Université de Paris, INSERM, IAME, F-75006, Paris, France.
INSERM, CIC1414, Université Rennes-1, 35000, Rennes, France.
AAPS J. 2021 May 19;23(4):75. doi: 10.1208/s12248-021-00597-7.
This article revisits 20 years of our work in developing evaluation tools adapted to non-linear mixed effect models. These hierarchical models involve a large number of assumptions concerning the structural evolution of the outcomes, the link between different outcomes, the variabilities in the parameters and model evaluation aims at assessing these various components, both to help guide the model building and to communicate on model adequacy for a given purpose.
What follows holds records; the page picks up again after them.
//! Lists as people and programs write them: entries that name a card, or leave out moves home.

ghost use Rattle.std.specs.Prelude.{◌≡◌, ◌⊎◌, ◌<◌, ◌^◌, ℕ, List, ◌∷◌, All, IfOk, IfErr, IfSome, IfNone, IsSome, MatchOption, Some, OnOk, length, map, ◌↔◌, IsTrue};
ghost use Rattle.fc_position.specs.Board.{Board};
ghost use Rattle.fc_moves.specs.declared.steps.Move.{Move};
ghost use Rattle.fc_moves.specs.GameRules.{IsPositionOf};
ghost use Rattle.fc_moves.specs.MoveText.{HasText};
ghost use Rattle.fc_moves.specs.Run.{Run};
ghost use Rattle.fc_moves.specs.Step.{Allows};
ghost use Rattle.fc_lists.specs.Weaving.{AllowsEntry, EndsAtHome, IsMoveHome, IsPlayed, IsWayHome, IsWeaveFault, IsWoven, MakesWay, AllowsNoMoveHome};
ghost use Rattle.fc_lists.specs.declared.written_entries.Entry.{Entry};
ghost use Rattle.fc_lists.specs.declared.written_entries.Entry.TheVariants as entry;
ghost use Rattle.fc_lists.specs.inner.Ways.{IsReady, SomeMakesWay, WeavesOn};

use crate::written_entries::{Entry, entries_of, is_home_before, move_for};
use fc_cards::Place;
use fc_moves::{Game, Move, apply, moves};
use fc_position::Position;
use std::alloc::{AllocError, Global};
use thiserror::Error;

/// Why a list isn't played. Steps count from 1.
#[derive(Clone, Copy, Debug, PartialEq, Eq, Error)]
pub enum WeaveFault {
    /// This entry isn't allowed, also not after moves home.
    #[error("step {0}: not allowed")]
    Refused(u32),
    /// A growth was refused.
    #[error("want of memory")]
    Memory,
}

impl From<AllocError> for WeaveFault {
    ghost use Rattle.std.specs.Prelude.{◌≡◌};
    ghost use Rattle.fc_lists.specs.declared.weaving.WeaveFault.TheVariants.{Memory};

    ghost from_gives = { λ _ fault. fault ≡ Memory };

    fn from(_refused: AllocError) -> WeaveFault {
        WeaveFault::Memory
    }
}

/// A list that is played.
#[derive(Drop)]
pub struct Woven {
    /// Its moves, with those home that it leaves out.
    pub moves: Vec<Move>,
    /// How many moves home are put in.
    pub inserted: usize,
}

/// The moves of a list that is played on a position of the game, with the moves home that it leaves out: as its moves are played where
/// they are entries of a list.
///
/// # Errors
/// `Refused` with the first move that isn't allowed when no more cards can go home; `Memory` where a growth was refused.
pub fn weave<G: Game>(
    alloc: Global,
    game: &G,
    start: &Position,
    list: &[Move],
) -> Result<Vec<Move>, WeaveFault>
    requires position { IsPositionOf (G.game game.now) start.now }
    requires few { length list.now < 2 ^ 32 }
    ensures woven { IfOk result (λ moves. IsWoven (G.game game.now) start.now list.now moves.items) }
    ensures run { IfOk result (λ moves. (c : Board) × Run (G.game game.now) start.now moves.items c) }
    ensures texts { IfOk result (λ moves. All HasText moves.items) }
    ensures fault { IfErr result (IsWeaveFault (G.game game.now) start.now (map entry.Move list.now)) }
{
    let entries = entries_of(alloc, list)?;
    let woven = weave_entries(alloc, game, start, entries.as_slice())?;
    Ok(woven.moves)
}

/// The moves of a list of entries that is played on a position of the game, with the moves home that it leaves out: before an entry
/// that isn't allowed cards go home one by one until it is, one that makes way for it where there is such a one; and behind the last
/// entry all cards that can, where they win. An entry that sends a card home which is there is passed over.
///
/// # Errors
/// `Refused` with the first entry that isn't allowed when no more cards can go home; `Memory` where a growth was refused.
pub fn weave_entries<G: Game>(
    alloc: Global,
    game: &G,
    start: &Position,
    list: &[Entry],
) -> Result<Woven, WeaveFault>
    requires position { IsPositionOf (G.game game.now) start.now }
    requires few { length list.now < 2 ^ 32 }
    ensures played { IfOk result (λ woven. IsPlayed (G.game game.now) start.now list.now woven.moves.items woven.inserted) }
    ensures run { IfOk result (λ woven. (c : Board) × Run (G.game game.now) start.now woven.moves.items c) }
    ensures texts { IfOk result (λ woven. All HasText woven.moves.items) }
    ensures fault { IfErr result (IsWeaveFault (G.game game.now) start.now list.now) }
{
    let mut board = start.copy();
    let mut moves = Vec::new(alloc);
    let mut step = 0;
    let mut listed = 0;
    for e in list {
        step += 1;
        send_home_for(game, &mut board, e, &mut moves)?;
        let Some(m) = move_for(game, &board, e) else {
            if is_home_before(&board, e) {
                continue;
            }
            return Err(WeaveFault::Refused(step));
        };
        apply(game, &mut board, m);
        let Ok(()) = moves.push(m) else {
            return Err(WeaveFault::Memory);
        };
        listed += 1;
    }
    let homes = homes_to_end(alloc, game, &board)?;
    moves.extend_from_slice(homes.as_slice())?;
    let inserted = moves.len() - listed;
    Ok(Woven { moves, inserted })
}

// Sends cards home until the entry is allowed, or passed over, or none can go.
fn send_home_for<G: Game>(
    game: &G,
    board: &mut Position,
    e: &Entry,
    moves: &mut Vec<Move>,
) -> Result<(), AllocError>
    requires position { IsPositionOf (G.game game.now) board.old }
    ensures position { IsPositionOf (G.game game.now) board.new }
    ensures woven { OnOk result (WeavesOn (G.game game.now) e.now moves.old.items board.old moves.new.items board.new) }
    ensures end { OnOk result (IsReady (G.game game.now) board.new e.now ⊎ AllowsNoMoveHome (G.game game.now) board.new) }
{
    while !is_ready(game, board, e) {
        let Some(home) = way_home(game, board, e) else {
            return Ok(());
        };
        apply(game, board, home);
        moves.push(home)?;
    }
    Ok(())
}

// Whether an entry is allowed, or passed over.
fn is_ready<G: Game>(game: &G, position: &Position, e: &Entry) -> bool
    ensures value { IsTrue result ↔ IsReady (G.game game.now) position.now e.now }
{
    is_home_before(position, e) || is_allowed(game, position, e)
}

// Whether an entry is allowed.
fn is_allowed<G: Game>(game: &G, position: &Position, e: &Entry) -> bool
    ensures value { IsTrue result ↔ AllowsEntry (G.game game.now) position.now e.now }
{
    move_for(game, position, e).is_some()
}

// The moves home behind a list that ended on this board: all that can be made, where they win.
fn homes_to_end<G: Game>(
    alloc: Global,
    game: &G,
    position: &Position,
) -> Result<Vec<Move>, AllocError>
    requires position { IsPositionOf (G.game game.now) position.now }
    ensures ended { IfOk result (λ homes. EndsAtHome (G.game game.now) position.now homes.items) }
{
    let mut board = position.copy();
    let mut homes = Vec::new(alloc);
    while let Some(home) = home_move(game, &board) {
        apply(game, &mut board, home);
        homes.push(home)?;
    }
    if !board.is_won() {
        homes.clear();
    }
    Ok(homes)
}

// A move home, if there is any.
fn home_move<G: Game>(game: &G, position: &Position) -> Option<Move>
    ensures home { MatchOption result (AllowsNoMoveHome (G.game game.now) position.now) (λ m. IsMoveHome m × Allows (G.game game.now) position.now m) }
{
    let list = moves(game, position);
    for m in list.as_slice() {
        if m.to == Place::Home {
            return Some(*m);
        }
    }
    None
}

// A move home, if there is any: one that makes way for an entry, where there is such a one.
fn way_home<G: Game>(game: &G, position: &Position, e: &Entry) -> Option<Move>
    ensures home { IfSome result (λ m. IsMoveHome m × Allows (G.game game.now) position.now m) }
    ensures way { IfSome result (IsWayHome (G.game game.now) position.now e.now) }
    ensures none { IfNone result (AllowsNoMoveHome (G.game game.now) position.now) }
{
    let list = moves(game, position);
    let mut chosen = None;
    for m in list.as_slice() {
        chosen = home_of(game, position, chosen, *m, e);
    }
    chosen
}

// The move home to choose: the one before, or another one that is the first, or that makes way for an entry.
fn home_of<G: Game>(
    game: &G,
    position: &Position,
    before: Option<Move>,
    m: Move,
    e: &Entry,
) -> Option<Move>
    requires allowed { Allows (G.game game.now) position.now m }
    ensures chosen { ((result ≡ before) × (IsMoveHome m → IsSome before)) ⊎ ((result ≡ Some m) × IsMoveHome m) }
    ensures way { SomeMakesWay (G.game game.now) position.now before e.now ⊎ (IsMoveHome m × MakesWay (G.game game.now) position.now m e.now)
        → SomeMakesWay (G.game game.now) position.now result e.now }
{
    let Place::Home = m.to else {
        return before;
    };
    if before.is_some() && !is_way_to(game, position, m, e) {
        return before;
    }
    Some(m)
}

// Whether an entry is allowed behind a move.
fn is_way_to<G: Game>(game: &G, position: &Position, m: Move, e: &Entry) -> bool
    requires allowed { Allows (G.game game.now) position.now m }
    ensures value { IsTrue result ↔ MakesWay (G.game game.now) position.now m e.now }
{
    let mut board = position.copy();
    apply(game, &mut board, m);
    is_allowed(game, &board, e)
}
During our career, we have developed and extended simulation-based evaluation tools called normalised prediction discrepancies (npd) and normalised prediction distribution errors (npde), providing informative diagnostics through graphs and tests.
本文回顾了我们 20 年来开发适用于非线性混合效应模型的评估工具的工作。这些分层模型涉及到关于结果结构演变、不同结果之间的联系、参数变异性的大量假设,模型评估旨在评估这些不同的组件,以帮助指导模型构建并就给定目的的模型充分性进行交流。在我们的职业生涯中,我们开发并扩展了基于模拟的评估工具,称为归一化预测差异(npd)和归一化预测分布误差(npde),通过图形和测试提供有信息的诊断。